Wilfried Bounsi,Borja Ibarz,Andrew Dudzik,Jessica B. Hamrick,Larisa Markeeva,Alex Vitvitskyi,Razvan Pascanu,Petar Veličković
Abstract:Transformers have revolutionized machine learning with their simple yet effective architecture. Pre-training Transformers on massive text datasets from the Internet has led to unmatched generalization for natural language understanding (NLU) tasks. However, such language models remain fragile when tasked with algorithmic forms of reasoning, where computations must be precise and robust. To address this limitation, we propose a novel approach that combines the Transformer's language understanding with the robustness of graph neural network (GNN)-based neural algorithmic reasoners (NARs). Such NARs proved effective as generic solvers for algorithmic tasks, when specified in graph form. To make their embeddings accessible to a Transformer, we propose a hybrid architecture with a two-phase training procedure, allowing the tokens in the language model to cross-attend to the node embeddings from the NAR. We evaluate our resulting TransNAR model on CLRS-Text, the text-based version of the CLRS-30 benchmark, and demonstrate significant gains over Transformer-only models for algorithmic reasoning, both in and out of distribution.
What problem does this paper attempt to address?
The main problem this paper attempts to address is: how to enhance the robustness and generalization ability of Transformers in algorithmic reasoning tasks, especially when dealing with unseen input scales. Specifically, the authors propose a hybrid architecture called TransNAR, which combines the language understanding capabilities of Transformers with the neural algorithmic reasoner (NAR) based on graph neural networks (GNN). Through this hybrid architecture, the paper aims to overcome the fragility of existing Transformers in handling algorithmic reasoning tasks, particularly in out-of-distribution (OOD) scenarios.
### Main Problems and Solutions
1. **Limitations of Transformers**:
- **Strong language understanding but weak algorithmic reasoning**: Existing Transformers perform excellently in natural language understanding tasks but poorly in tasks requiring precise computation and reasoning, especially when dealing with unseen input scales.
- **Poor out-of-distribution generalization**: Transformers show a significant drop in performance when handling tasks beyond the scope of the training data.
2. **Advantages of NAR**:
- **Robust algorithmic reasoning ability**: NAR performs well in algorithmic tasks, can handle different input scales, and has strong generalization ability in out-of-distribution scenarios.
- **Requirement for structured input**: NAR requires structured graph-form input, which limits its direct application in natural language tasks.
3. **Proposal of TransNAR**:
- **Combining Transformer and NAR**: TransNAR combines NAR's node embeddings with Transformer's token embeddings, using cross-attention mechanisms to allow the Transformer to access NAR's computation results.
- **Two-stage training**: TransNAR employs a two-stage training strategy, first pre-training NAR to perform various algorithmic tasks, then introducing NAR's embeddings into the Transformer and conducting joint training through cross-attention mechanisms.

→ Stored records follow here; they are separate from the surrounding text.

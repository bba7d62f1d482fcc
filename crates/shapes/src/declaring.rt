// How tables of shapes come of declarations.
ghost use Rattle.std.specs.Prelude.{◌≡◌, [], ◌∷◌, ◌++◌, length, if◌then◌else◌, is_ok, nat_lt};
ghost use Rattle.refusals.specs.Refusals.{answer, answered, done, refused};
ghost use Rattle.shapes.specs.Shapes.{extents_of, shapes_of, declared as declared_answer};

use super::declaration::Declaration;
use super::shape::Shape;
use super::table::Table;
use refusals::refusal::Refusal;

impl Table {
    pub fn empty() -> Table
        ensures { shapes_of result ≡ [] }
    {
        Table {
            len: 0,
            shapes: [Shape::scalar(); 16],
        }
    }

    // One shape more, unless the table is full.
    pub fn add(&mut self, shape: Shape) -> Result<(), Refusal>
        ensures answer { answered result ≡ (if nat_lt (length (shapes_of self.old)) 16 then done tt else refused 4 0) }
        ensures after { shapes_of self.new ≡ (if is_ok result then shapes_of self.old ++ extents_of shape ∷ [] else shapes_of self.old) }
    {
        let k = self.len;
        if k >= 16 {
            return Err(Refusal::TooManyDeclarations);
        }
        self.shapes[k] = shape;
        self.len = k + 1;
        Ok(())
    }
}

// The table of these declarations.
impl TryFrom<&[Declaration]> for Table {
    type Error = Refusal;

    ghost try_from_gives = { λ ds r. answer shapes_of r ≡ declared_answer ds.now };

    fn try_from(declared: &[Declaration]) -> Result<Table, Refusal> {
        if declared.len() > 16 {
            return Err(Refusal::TooManyDeclarations);
        }
        let mut table = Table::empty();
        for (k, declaration) in declared.iter().enumerate() {
            match Shape::try_from(declaration) {
                Ok(shape) => table.add(shape)?,
                Err(_) => return Err(Refusal::BadDeclaration(k + 1)),
            }
        }
        Ok(table)
    }
}
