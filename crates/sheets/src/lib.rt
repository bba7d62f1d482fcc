// Sheets: tables of declarations, nodes and statements, and the verdict on them.
// A sheet that was not judged has another type than one that passed.

#![tactic(auto)]

mod asking;
pub mod checked;
mod form;
mod judgement;
pub mod node;
mod nodes;
mod passed;
mod reading;
mod rules;
pub mod term;
#[cfg(test)]
mod tests;
pub mod verdict;
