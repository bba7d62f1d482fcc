// What a node of a checked sheet is made of.

#[derive(Clone, Copy, PartialEq, Eq, Debug)]
pub enum Operation {
    Plus,
    Minus,
    Times,
    Over,
}

// Operands are earlier nodes, from 1; dimensions m and n count from 1.
#[derive(Clone, Copy, PartialEq, Eq, Debug)]
pub enum Term {
    Variable {
        variable: u16,
    },
    Outer {
        a: u16,
        b: u16,
    },
    Pointwise {
        operation: Operation,
        a: u16,
        b: u16,
    },
    Turned {
        a: u16,
        m: u16,
        n: u16,
    },
    Contracted {
        a: u16,
        m: u16,
        n: u16,
    },
}
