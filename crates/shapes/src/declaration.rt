// A declaration of a table, as it is handed in: nothing is known of it yet.

#[derive(Clone, Copy, PartialEq, Eq, Debug)]
pub struct Declaration {
    pub rank: u16,
    pub extents: [u16; 4],
}
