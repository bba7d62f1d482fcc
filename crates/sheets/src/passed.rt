// The nodes that passed so far.
ghost use Rattle.std.specs.Prelude.{◌≡◌, ◌+◌, map, length, if◌then◌else◌, Some, None};
ghost use Rattle.std.specs.Option.{option_map};
ghost use Rattle.refusals.specs.Refusals.{answer};
ghost use Rattle.sheets.specs.Rules.{info_of, info_in, info_at, earlier, operand_answer};

use super::judgement::Judgement;
use super::node::Node;
use refusals::refusal::Refusal;
use shapes::table::Table;

// A node, and what the verdict found out about it.
#[derive(Clone, Copy, Default)]
pub struct JudgedNode {
    pub(crate) node: Node,
    pub(crate) judgement: Judgement,
}

// What is known where a question is asked: the shapes of the variables, and the nodes judged so far.
#[derive(Clone, Copy)]
pub(crate) struct Known<'a> {
    pub(crate) table: &'a Table,
    pub(crate) nodes: &'a [JudgedNode],
}

impl Known<'_> {
    // What is known of node j, from 1, if it is judged.
    pub(crate) fn node(&self, j: u16) -> Option<Judgement>
        ensures { option_map info_of result ≡ (if earlier j (length self.now.nodes.now + 1) then Some (info_at (map info_in self.now.nodes.now) j) else None) }
    {
        let node = self.nodes.get(usize::from(j).checked_sub(1)?)?;
        Some(node.judgement)
    }

    // What is known of an operand of the next node, which has to be an earlier one.
    pub(crate) fn operand(&self, j: u16) -> Result<Judgement, Refusal>
        ensures { answer info_of result ≡ operand_answer (map info_in self.now.nodes.now) j }
    {
        self.node(j)
            .ok_or(Refusal::BadOperand(self.nodes.len() + 1))
    }
}
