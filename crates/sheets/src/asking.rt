// An empty checked sheet, and who wrote a variable last.
ghost use Rattle.std.specs.Prelude.{◌≡◌, ◌+◌, [], length};
ghost use Rattle.refusals.specs.Refusals.{answer};
ghost use Rattle.sheets.specs.Sheets.{contents};
ghost use Rattle.sheets.specs.Writers.{LastWriter, Writer, writer_answer};

use super::checked::CheckedSheet;
use super::node::Statement;
use super::passed::JudgedNode;
use refusals::refusal::Refusal;
use shapes::table::Table;

impl CheckedSheet {
    // A sheet without variables, nodes and statements, to be lent to the verdict.
    pub fn empty() -> CheckedSheet
        ensures { contents result ≡ record { shapes = []; nodes = []; statements = []; infos = [] } }
    {
        CheckedSheet {
            table: Table::empty(),
            node_count: 0,
            nodes: [JudgedNode::default(); 256],
            statement_count: 0,
            statements: [Statement::default(); 64],
        }
    }

    // The greatest statement number below s that assigns the variable, if one does.
    pub fn last_writer(&self, variable: u16, s: usize) -> Result<Option<usize>, Refusal>
        ensures asked { answer (λ _. tt) result ≡ writer_answer (contents self.now) variable s }
        ensures found { LastWriter (contents self.now).statements variable s result }
    {
        if self.table.shape(usize::from(variable)).is_err()
            || s < 1
            || s > self.statement_count + 1
        {
            return Err(Refusal::OutOfSheet);
        }
        Ok(last_before(&self.statements[..s - 1], variable))
    }
}

// The number of the last of the statements that assigns the variable, if one does.
fn last_before(statements: &[Statement], variable: u16) -> Option<usize>
    ensures { Writer statements.now variable (length statements.now + 1) result }
{
    let last = statements.iter().rposition(|s| s.variable == variable)?;
    Some(last + 1)
}
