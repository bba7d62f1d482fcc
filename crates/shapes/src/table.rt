// The shapes of the variables of a store or a sheet, at most 16.
ghost use Rattle.std.specs.Prelude.{◌≡◌, ◌≤◌, length};

use super::shape::Shape;

// An array and a length, since a table is copied where memory may not run out; an `ArrayVec` is no `Copy` type, and its clone can fail.
#[derive(Clone, Copy)]
pub struct Table {
    pub(crate) len: usize,
    pub(crate) shapes: [Shape; 16],
    ghost whole: { length shapes ≡ 16 },
    ghost few: { len ≤ 16 },
}
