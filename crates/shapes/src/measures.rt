// Shapes: how they come of a declaration, and which places they have.
ghost use Rattle.std.specs.Prelude.{◌≡◌, ◌<◌, [], length, reverse, IfSome};
ghost use Rattle.std.specs.Option.{option_map};
ghost use Rattle.std.specs.Result.{result_ok};
ghost use Rattle.indices.specs.Places.{product, within};
ghost use Rattle.shapes.specs.Shapes.{extents_of, shape_declared, place_in, column_in, index_in};
ghost use Rattle.indices.specs.Coordinates.{coordinates};

use super::declaration::Declaration;
use super::places;
use super::shape::Shape;
use indices::index::Index;

// What is said of a declaration that is no shape with zeros after it.
#[derive(Clone, Copy, PartialEq, Eq, Debug)]
pub struct NoShape;

// The shape that is declared, if it is one.
impl TryFrom<&Declaration> for Shape {
    type Error = NoShape;

    ghost try_from_gives = { λ d r. option_map extents_of (result_ok r) ≡ shape_declared d.now };

    fn try_from(declared: &Declaration) -> Result<Shape, NoShape> {
        let rank = declared.rank as usize;
        if rank > 4 {
            return Err(NoShape);
        }
        let extents = &declared.extents[..rank];
        if !places::in_range(extents) {
            return Err(NoShape);
        }
        if !places::all_zero(&declared.extents[rank..]) {
            return Err(NoShape);
        }
        if places::product(extents) > 4096 {
            return Err(NoShape);
        }
        match Index::try_from(extents) {
            Ok(extents) => Ok(Shape { extents }),
            Err(_) => Err(NoShape),
        }
    }
}

// Its extents by value.
impl From<Shape> for Index {
    ghost from_gives = { λ s i. coordinates i ≡ extents_of s };

    fn from(shape: Shape) -> Index {
        shape.extents
    }
}

impl Shape {
    // The shape of a scalar.
    pub fn scalar() -> Shape
        ensures { extents_of result ≡ [] }
    {
        Shape {
            extents: Index::empty(),
        }
    }

    pub fn rank(&self) -> usize
        ensures { result ≡ length (extents_of self.now) }
    {
        self.extents().len()
    }

    pub fn extents(&self) -> &[u16]
        ensures { result.now ≡ extents_of self.now }
    {
        self.extents.as_slice()
    }

    // How many places it has.
    pub fn size(&self) -> usize
        ensures { result ≡ product (extents_of self.now) }
    {
        places::product(self.extents())
    }

    // Whether an index lies in it.
    pub fn contains(&self, index: &[u16]) -> bool
        ensures { result ≡ within (extents_of self.now) index.now }
    {
        places::contains(self.extents(), index)
    }

    // The number of a place, row-major from 0, if it lies in the shape.
    pub fn place(&self, index: &[u16]) -> Option<usize>
        ensures value { result ≡ place_in (extents_of self.now) index.now }
        ensures bound { IfSome result (λ n. n < 4096) }
    {
        let es = self.extents();
        if places::contains(es, index) {
            Some(places::number(es, index))
        } else {
            None
        }
    }

    // The number of a place, column-major from 0, if it lies in the shape: the row-major one in the shape turned round.
    pub fn column(&self, index: &[u16]) -> Option<usize>
        ensures value { result ≡ column_in (extents_of self.now) index.now }
        ensures turned { result ≡ place_in (reverse (extents_of self.now)) (reverse index.now) }
        ensures bound { IfSome result (λ n. n < 4096) }
    {
        let es = self.extents();
        if places::contains(es, index) {
            Some(places::column(es, index))
        } else {
            None
        }
    }

    // The index whose row-major number this is, if there is one.
    pub fn index(&self, number: usize) -> Option<Index>
        ensures { option_map coordinates result ≡ index_in (extents_of self.now) number }
    {
        if number >= self.size() {
            return None;
        }
        places::index_of(self.extents(), number)
    }
}
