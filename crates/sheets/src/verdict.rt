// The verdict on a sheet.
ghost use Rattle.std.specs.Prelude.{◌≡◌, ◌≤◌, false, [], ◌∷◌, map, length, take, is_ok, IfOk};
ghost use Rattle.refusals.specs.Refusals.{answer, answered, done, and_then};
ghost use Rattle.shapes.specs.Shapes.{shapes_of};
ghost use Rattle.sheets.specs.Language.{Means};
ghost use Rattle.sheets.specs.Rules.{info_in, node_in};
ghost use Rattle.sheets.specs.Sheets.{contents, judged_sheet, filled};
ghost use Rattle.sheets.specs.Verdict.{infos_from, statements_from, tables};

use super::checked::CheckedSheet;
use super::node::{Node, Statement};
use super::passed::{JudgedNode, Known};
use refusals::refusal::Refusal;
use shapes::declaration::Declaration;
use shapes::table::Table;

// The verdict: the number and the place of the first thing wrong, or the lent sheet gets its own copy of the tables.
pub fn judge(
    declared: &[Declaration],
    nodes: &[Node],
    statements: &[Statement],
    sheet: &mut CheckedSheet,
) -> Result<(), Refusal>
    ensures answers { answered result ≡ and_then (judged_sheet declared.now nodes.now statements.now) (λ _. done tt) }
    ensures fills { contents sheet.new ≡ filled (judged_sheet declared.now nodes.now statements.now) (contents sheet.old) }
    ensures same { is_ok result ≡ false → sheet.new ≡ sheet.old }
    ensures means { Means declared.now nodes.now statements.now (is_ok result) }
{
    *sheet = judged_sheet(declared, nodes, statements)?;
    Ok(())
}

// The questions in order, and the sheet where all pass.
fn judged_sheet(
    declared: &[Declaration],
    nodes: &[Node],
    statements: &[Statement],
) -> Result<CheckedSheet, Refusal>
    ensures { answer contents result ≡ judged_sheet declared.now nodes.now statements.now }
{
    let table = Table::try_from(declared)?;
    if nodes.len() > 256 || statements.len() > 64 {
        return Err(Refusal::TooManyRows);
    }
    let judged = judge_nodes(&table, nodes)?;
    let known = Known {
        table: &table,
        nodes: &judged[..nodes.len()],
    };
    known.judge_statements(statements)?;
    Ok(CheckedSheet {
        table,
        node_count: nodes.len(),
        nodes: judged,
        statement_count: statements.len(),
        statements: own(statements),
    })
}

// A table of its own of the statements, with blank ones behind them.
fn own(statements: &[Statement]) -> [Statement; 64]
    requires { length statements.now ≤ 64 }
    ensures { take (length statements.now) result ≡ statements.now }
{
    let mut table = [Statement::default(); 64];
    table[..statements.len()].copy_from_slice(statements);
    table
}

// The questions about the nodes, each node's before the next one's.
fn judge_nodes(table: &Table, nodes: &[Node]) -> Result<[JudgedNode; 256], Refusal>
    requires { length nodes.now ≤ 256 }
    ensures infos { answer (λ js. map info_in (take (length nodes.now) js)) result ≡ infos_from (shapes_of table.now) 1 [] nodes.now }
    ensures same { IfOk result (λ js. map node_in (take (length nodes.now) js) ≡ nodes.now) }
{
    let mut judged = [JudgedNode::default(); 256];
    for (k, node) in nodes.iter().enumerate() {
        let known = Known {
            table,
            nodes: &judged[..k],
        };
        let judgement = known.judge(*node)?;
        judged[k] = JudgedNode {
            node: *node,
            judgement,
        };
    }
    Ok(judged)
}

impl Known<'_> {
    // The questions about the statements, both before the next one's.
    fn judge_statements(&self, statements: &[Statement]) -> Result<(), Refusal>
        ensures { answered result ≡ statements_from (shapes_of self.now.table.now) (map info_in self.now.nodes.now) 1 statements.now }
    {
        for (k, statement) in statements.iter().enumerate() {
            self.judge_statement(*statement, k + 1)?;
        }
        Ok(())
    }

    // The two questions about statement s.
    fn judge_statement(&self, statement: Statement, s: usize) -> Result<(), Refusal>
        ensures { answered result ≡ statements_from (shapes_of self.now.table.now) (map info_in self.now.nodes.now) s (statement ∷ []) }
    {
        let node = self.node(statement.node).ok_or(Refusal::BadTarget(s))?;
        let shape = self
            .table
            .shape(usize::from(statement.variable))
            .map_err(|_| Refusal::BadTarget(s))?;
        if shape.extents() != node.extents.as_slice() {
            return Err(Refusal::OtherType(s));
        }
        Ok(())
    }
}
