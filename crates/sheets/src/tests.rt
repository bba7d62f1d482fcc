// Sheets that pass, and the first thing wrong with others.
use super::checked::CheckedSheet;
use super::node::{Node, Statement};
use super::verdict::judge;
use refusals::refusal::Refusal;
use shapes::declaration::Declaration;

fn table(rank: u16, rows: u16, columns: u16) -> Declaration {
    Declaration {
        rank,
        extents: [rows, columns, 0, 0],
    }
}

// A (2 3), B (3 2), C (2 2), a scalar and a vector of 5.
fn tables() -> [Declaration; 5] {
    [
        table(2, 2, 3),
        table(2, 3, 2),
        table(2, 2, 2),
        table(0, 0, 0),
        table(1, 5, 0),
    ]
}

fn variable(a: u16) -> Node {
    Node {
        kind: 1,
        a,
        ..Node::default()
    }
}

fn pair(kind: u16, a: u16, b: u16) -> Node {
    Node {
        kind,
        a,
        b,
        ..Node::default()
    }
}

fn over(kind: u16, a: u16, m: u16, n: u16) -> Node {
    Node {
        kind,
        a,
        m,
        n,
        ..Node::default()
    }
}

fn turned(a: u16) -> Node {
    over(7, a, 1, 2)
}

fn assign(variable: u16, node: u16) -> Statement {
    Statement { variable, node }
}

// The verdict on these nodes and statements, over the tables.
fn verdict(nodes: &[Node], statements: &[Statement]) -> Result<(), Refusal> {
    let mut sheet = CheckedSheet::empty();
    judge(&tables(), nodes, statements, &mut sheet)
}

#[test]
fn a_product_and_its_trace(rt: HostRuntime) {
    let nodes = [
        variable(1),
        variable(2),
        pair(2, 1, 2),
        over(8, 3, 2, 3),
        variable(3),
        over(8, 5, 1, 2),
    ];
    let mut sheet = CheckedSheet::empty();
    assert_eq!(rt;
        judge(&tables(), &nodes, &[assign(3, 4), assign(4, 6)], &mut sheet),
        Ok(())
    );
    assert_eq!(rt; sheet.last_writer(3, 3), Ok(Some(1)));
    assert_eq!(rt; sheet.last_writer(4, 2), Ok(None));
    assert_eq!(rt; sheet.last_writer(4, 3), Ok(Some(2)));
    assert_eq!(rt; sheet.last_writer(6, 1), Err(Refusal::OutOfSheet));
    assert_eq!(rt; sheet.last_writer(3, 0), Err(Refusal::OutOfSheet));
    assert_eq!(rt; sheet.last_writer(3, 4), Err(Refusal::OutOfSheet));
}

#[test]
fn ranks_and_nestings_have_bounds(rt: HostRuntime) {
    let square = variable(3);
    let four = pair(2, 1, 1);
    let eight = pair(2, 2, 2);
    assert_eq!(rt; verdict(&[square, four, eight], &[]), Ok(()));
    assert_eq!(rt;
        verdict(&[square, four, eight, variable(5), pair(2, 3, 4)], &[]),
        Err(Refusal::TooDeep(5))
    );
    let three = [
        square,
        four,
        eight,
        over(8, 3, 1, 2),
        over(8, 4, 1, 2),
        over(8, 5, 1, 2),
    ];
    assert_eq!(rt; verdict(&three, &[]), Ok(()));
    let all = [
        square,
        four,
        eight,
        over(8, 3, 1, 2),
        over(8, 4, 1, 2),
        over(8, 5, 1, 2),
        over(8, 6, 1, 2),
    ];
    assert_eq!(rt; verdict(&all, &[]), Err(Refusal::TooDeep(7)));
}

#[test]
fn depths_and_tables_have_bounds(rt: HostRuntime) {
    let chain = [
        variable(3),
        turned(1),
        turned(2),
        turned(3),
        turned(4),
        turned(5),
        turned(6),
        turned(7),
        turned(8),
        turned(9),
        turned(10),
        turned(11),
        turned(12),
        turned(13),
        turned(14),
        turned(15),
        turned(16),
    ];
    assert_eq!(rt; verdict(&chain[..16], &[]), Ok(()));
    assert_eq!(rt; verdict(&chain, &[]), Err(Refusal::TooDeep(17)));
    assert_eq!(rt; verdict(&[variable(1); 256], &[assign(1, 1); 64]), Ok(()));
    assert_eq!(rt;
        verdict(&[variable(1); 257], &[]),
        Err(Refusal::TooManyRows)
    );
    assert_eq!(rt;
        verdict(&[variable(1)], &[assign(1, 1); 65]),
        Err(Refusal::TooManyRows)
    );
}

#[test]
fn nodes_are_refused(rt: HostRuntime) {
    let scalar = variable(4);
    let vector = variable(5);
    assert_eq!(rt;
        verdict(&[scalar, vector, pair(5, 1, 2), pair(6, 2, 1)], &[]),
        Ok(())
    );
    assert_eq!(rt;
        verdict(&[scalar, vector, pair(5, 2, 1)], &[]),
        Err(Refusal::NoType(3))
    );
    assert_eq!(rt;
        verdict(&[scalar, vector, pair(6, 1, 2)], &[]),
        Err(Refusal::NoType(3))
    );
    assert_eq!(rt;
        verdict(&[variable(1), over(8, 1, 1, 2)], &[]),
        Err(Refusal::NoType(2))
    );
    assert_eq!(rt;
        verdict(&[variable(3), over(8, 1, 1, 1)], &[]),
        Err(Refusal::NoType(2))
    );
    assert_eq!(rt; verdict(&[pair(1, 1, 1)], &[]), Err(Refusal::BadNode(1)));
    assert_eq!(rt;
        verdict(&[variable(1), pair(3, 2, 2)], &[]),
        Err(Refusal::BadOperand(2))
    );
    assert_eq!(rt;
        verdict(&[variable(6), pair(9, 1, 1)], &[]),
        Err(Refusal::BadOperand(1))
    );
}

#[test]
fn statements_are_refused(rt: HostRuntime) {
    let nodes = [variable(1), variable(2)];
    assert_eq!(rt; verdict(&nodes, &[assign(1, 1), assign(2, 2)]), Ok(()));
    assert_eq!(rt;
        verdict(&nodes, &[assign(1, 1), assign(2, 3)]),
        Err(Refusal::BadTarget(2))
    );
    assert_eq!(rt;
        verdict(&nodes, &[assign(6, 1)]),
        Err(Refusal::BadTarget(1))
    );
    assert_eq!(rt;
        verdict(&nodes, &[assign(1, 2), assign(6, 1)]),
        Err(Refusal::OtherType(1))
    );
}
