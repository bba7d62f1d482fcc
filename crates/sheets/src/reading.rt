// What a checked sheet tells: what its nodes are made of, its statements and the shapes of its variables.
ghost use Rattle.std.specs.Prelude.{◌≡◌, ◌&&◌, ◌∷◌, length, take, if◌then◌else◌, Some, None, nat_le, slice_index_or};
ghost use Rattle.shapes.specs.Shapes.{shapes_of};
ghost use Rattle.sheets.specs.Forms.{form_of};
ghost use Rattle.sheets.specs.Language.{blank};
ghost use Rattle.sheets.specs.Rules.{info_at};
ghost use Rattle.sheets.specs.Sheets.{contents};
ghost use Rattle.sheets.specs.Terms.{node_there, node_at, made_of, term_as, term_of, Told};

use super::checked::CheckedSheet;
use super::form::Form;
use super::node::{Node, Statement};
use super::passed::{JudgedNode, Known};
use super::term::Term;
use shapes::table::Table;

impl CheckedSheet {
    // What node k is made of, if there is such a node.
    pub fn term(&self, k: u16) -> Option<Term>
        ensures value { result ≡ (if node_there (contents self.now) k then term_of (contents self.now).nodes k else None) }
        ensures unfolds { Told (contents self.now) k result }
    {
        made_of(self.node(k)?)
    }

    // The rank of node k; 0 where there is no such node: it is public, and never fails.
    pub fn rank(&self, k: u16) -> usize
        ensures { result ≡ length (info_at (contents self.now).infos k).extents }
    {
        let known = Known {
            table: &self.table,
            nodes: self.nodes(),
        };
        known
            .node(k)
            .map_or(0, |judgement| judgement.extents.as_slice().len())
    }

    // How many statements there are.
    pub fn statements(&self) -> usize
        ensures { result ≡ length (contents self.now).statements }
    {
        self.statement_count
    }

    // Statement s, from 1, if there is one.
    pub fn statement(&self, s: usize) -> Option<Statement>
        ensures { result ≡ (if nat_le 1 s && nat_le s (length (contents self.now).statements) then Some (slice_index_or (blank ∷ (contents self.now).statements) s blank) else None) }
    {
        self.statements[..self.statement_count]
            .get(s.checked_sub(1)?)
            .copied()
    }

    // The nodes, with what is known of each.
    fn nodes(&self) -> &[JudgedNode]
        ensures { result.now ≡ take self.now.node_count self.now.nodes }
    {
        &self.nodes[..self.node_count]
    }

    // Node k, from 1, if there is one.
    fn node(&self, k: u16) -> Option<Node>
        ensures { result ≡ (if node_there (contents self.now) k then Some (node_at (contents self.now).nodes k) else None) }
    {
        let judged = self.nodes().get(usize::from(k).checked_sub(1)?)?;
        Some(judged.node)
    }

    // The shapes of the variables.
    pub fn table(&self) -> Table
        ensures { shapes_of result ≡ (contents self.now).shapes }
    {
        self.table
    }
}

// What a node is made of, by its kind.
fn made_of(node: Node) -> Option<Term>
    ensures { result ≡ term_as node (form_of node.kind) }
{
    let form = Form::try_from(node.kind).ok()?;
    Some(term_of(form, node))
}

// What a node of this form is made of.
fn term_of(form: Form, node: Node) -> Term
    ensures { result ≡ made_of form node }
{
    let Node { a, b, m, n, .. } = node;
    match form {
        Form::Variable => Term::Variable { variable: a },
        Form::Outer => Term::Outer { a, b },
        Form::Pointwise(operation) => Term::Pointwise { operation, a, b },
        Form::Transposition => Term::Turned { a, m, n },
        Form::Contraction => Term::Contracted { a, m, n },
    }
}
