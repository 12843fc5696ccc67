ghost use Rattle.std.specs.Prelude.{◌≡◌, ℕ, true, Some};
ghost use Rattle.wf_value.specs.declared.code.Code.{Code};
ghost use Rattle.wf_value.specs.declared.refusal.Refusal.TheVariants.{Turn};
ghost use Rattle.definitions.specs.SmallText.{Admitted};
ghost use Rattle.run_plan.specs.LastCommand.{is_last_claim, is_last_report};
ghost use Rattle.run_plan.specs.declared.command.Attempt.{Attempt};
ghost use Rattle.run_plan.specs.declared.command.Beat.{Beat};
ghost use Rattle.run_plan.specs.declared.command.Claim.{Claim};
ghost use Rattle.run_plan.specs.declared.command.Command.{Command};
ghost use Rattle.run_plan.specs.declared.command.Command.TheVariants as command;
ghost use Rattle.run_plan.specs.declared.command.Done.{Done};
ghost use Rattle.run_plan.specs.declared.reply.Reply.TheVariants as reply;
ghost use Rattle.table_model.specs.Runs.{RunState};
ghost use Rattle.table_model.specs.declared.phases.RunPhase.TheVariants as phase;
ghost use Rattle.table_model.specs.TableState.{run_of_delivery, run_with, runner_named, RunnerState, TableState};
ghost use Rattle.table_model.specs.Step.{forgettable, refused, stepped};
ghost use Rattle.step_laws.specs.Texts.{CarriesText, IsAnsweredAnyway};

/// Every refusal is given memory or not, whatever the command is: those with a number alone (40 to 42, 44, 45, 48, 49), and 43 with the
/// last number or attempt.
/// Promise (The table): No refusal needs memory, nor does a beat, a known delivery, or what is repeated
/// By: `step_laws::laws::{refusals_need_no_memory, beats_need_no_memory, known_deliveries_need_no_memory, repeated_requests_need_no_memory,
///   repeated_commands_need_no_memory}` (`IsAnsweredAnyway`)
pub fn refusals_need_no_memory()
    ensures numbered { (t : TableState) (c : Command) (code : Code) → (stepped t c).reply ≡ refused code → IsAnsweredAnyway t c }
    ensures turn { (t : TableState) (c : Command) (last : ℕ) → (stepped t c).reply ≡ reply.Refused (Turn last) → IsAnsweredAnyway t c }
{}

/// A beat is answered memory or not.
pub fn beats_need_no_memory()
    ensures { (t : TableState) (beat : Beat) → IsAnsweredAnyway t (command.Beat beat) }
{}

/// So is an event whose delivery is known.
pub fn known_deliveries_need_no_memory()
    ensures { (t : TableState) (event : Admitted) (run : ℕ) → run_of_delivery t event.delivery ≡ Some run
        → IsAnsweredAnyway t (command.Admit event) }
{}

/// So is a cancel of a run that is stopping already, a re-run that names the present attempt, and a `forget` that finds no run to forget.
pub fn repeated_requests_need_no_memory()
    ensures cancel { (t : TableState) (id : ℕ) (x : RunState) → run_with t id ≡ Some x → x.phase ≡ phase.Live → x.stopping ≡ true
        → IsAnsweredAnyway t (command.Cancel id) }
    ensures rerun { (t : TableState) (a : Attempt) (x : RunState) → run_with t a.run ≡ Some x → x.attempt ≡ a.attempt
        → IsAnsweredAnyway t (command.Rerun a) }
    ensures forget { (t : TableState) (id : ℕ) → forgettable t id ≡ 0 → IsAnsweredAnyway t (command.Forget id) }
{}

/// So is a runner's last command again, unless its reply was a lease.
pub fn repeated_commands_need_no_memory()
    ensures claim { (t : TableState) (claim : Claim) (x : RunnerState) → runner_named t.runners claim.runner ≡ Some x
        → x.number ≡ claim.number → is_last_claim claim x.last ≡ true → (stepped t (command.Claim claim)).reply ≡ reply.Nothing
        → IsAnsweredAnyway t (command.Claim claim) }
    ensures done { (t : TableState) (report : Done) (x : RunnerState) → runner_named t.runners report.runner ≡ Some x
        → x.number ≡ report.number → is_last_report report x.last ≡ true → IsAnsweredAnyway t (command.Done report) }
{}

/// What is answered memory or not carries no text: no lease, no view and no body.
/// Promise (The table): Only a lease, a view and a body are texts, for which a reply needs memory
/// By: `step_laws::laws::texts_need_memory` (`CarriesText`)
pub fn texts_need_memory()
    ensures { (t : TableState) (c : Command) → IsAnsweredAnyway t c → CarriesText (stepped t c).reply → ⊥ }
{}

### Experimental Validation
- **Benchmark Testing**: The paper conducts experiments on the CLRS-Text benchmark, a text version of the CLRS-30 benchmark, used to evaluate algorithmic reasoning tasks.
- **Performance Improvement**: Experimental results show that TransNAR significantly outperforms models using only Transformers in various algorithmic tasks, with particularly notable performance improvements in out-of-distribution scenarios.
- **Specific Metrics**: The paper uses multiple metrics to evaluate model performance, including shape score, parse score, and CLRS score, which respectively measure the correctness of output shape, parsing correctness, and the degree of match with the true answer.
### Conclusion
- **Main Contribution**: TransNAR significantly improves the performance of models in algorithmic reasoning tasks by combining the language understanding capabilities of Transformers with the robust algorithmic reasoning abilities of NAR, especially when dealing with unseen input scales.
- **Future Work**: The authors note that while TransNAR performs well in many tasks, some algorithmic tasks, particularly those involving index searching, have not fully surpassed baseline models. Future research could further optimize the cross-attention mechanism or explore other methods to enhance the model's generalization ability.
### Summary
By proposing the TransNAR model, this paper successfully addresses the fragility and lack of out-of-distribution generalization ability of Transformers in algorithmic reasoning tasks, providing new directions for future research.